__THE RECORDS__:
ghost use Rattle.std.specs.Prelude.{◌≡◌};
ghost use Rattle.word_pack.specs.declared.row_head.RowHead.{RowHead};
ghost use Rattle.word_pack.specs.RowHeadWords.{FitsRowHead, row_head_word, row_head_of, IsRowHeadWord};

use crate::layout::{NEXT, RECORDS};

/// The first word of a row: how many records the row has, and the row that they go on in.
#[derive(Clone, Copy, Debug, PartialEq, Eq)]
pub struct RowHead {
    pub count: u32,
    /// The next row, or 0 where the row is the last of its chain.
    pub next: u32,
}

/// The word of a row's head.
pub fn pack_row_head(head: RowHead) -> u64
    requires { FitsRowHead head }
    ensures { result ≡ row_head_word head }
{
    let word = RECORDS.put(0, u64::from(head.count));
    NEXT.put(word, u64::from(head.next))
}

/// The row's head that a word has in its bits, whatever its other bits are.
pub fn unpack_row_head(word: u64) -> RowHead
    ensures bits { result ≡ row_head_of word }
    ensures fits { FitsRowHead result }
    ensures every { (head : RowHead) → IsRowHeadWord head word → result ≡ head }
{
    RowHead {
        count: RECORDS.of(word) as u32,
        next: NEXT.of(word) as u32,
    }
}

__WORK INSTRUCTION__: Nothing but the lines holding the word "FitsRowHead" should be returned from the listing above.

__RESULT__:
ghost use Rattle.word_pack.specs.RowHeadWords.{FitsRowHead, row_head_word, row_head_of, IsRowHeadWord};
    requires { FitsRowHead head }
    ensures fits { FitsRowHead result }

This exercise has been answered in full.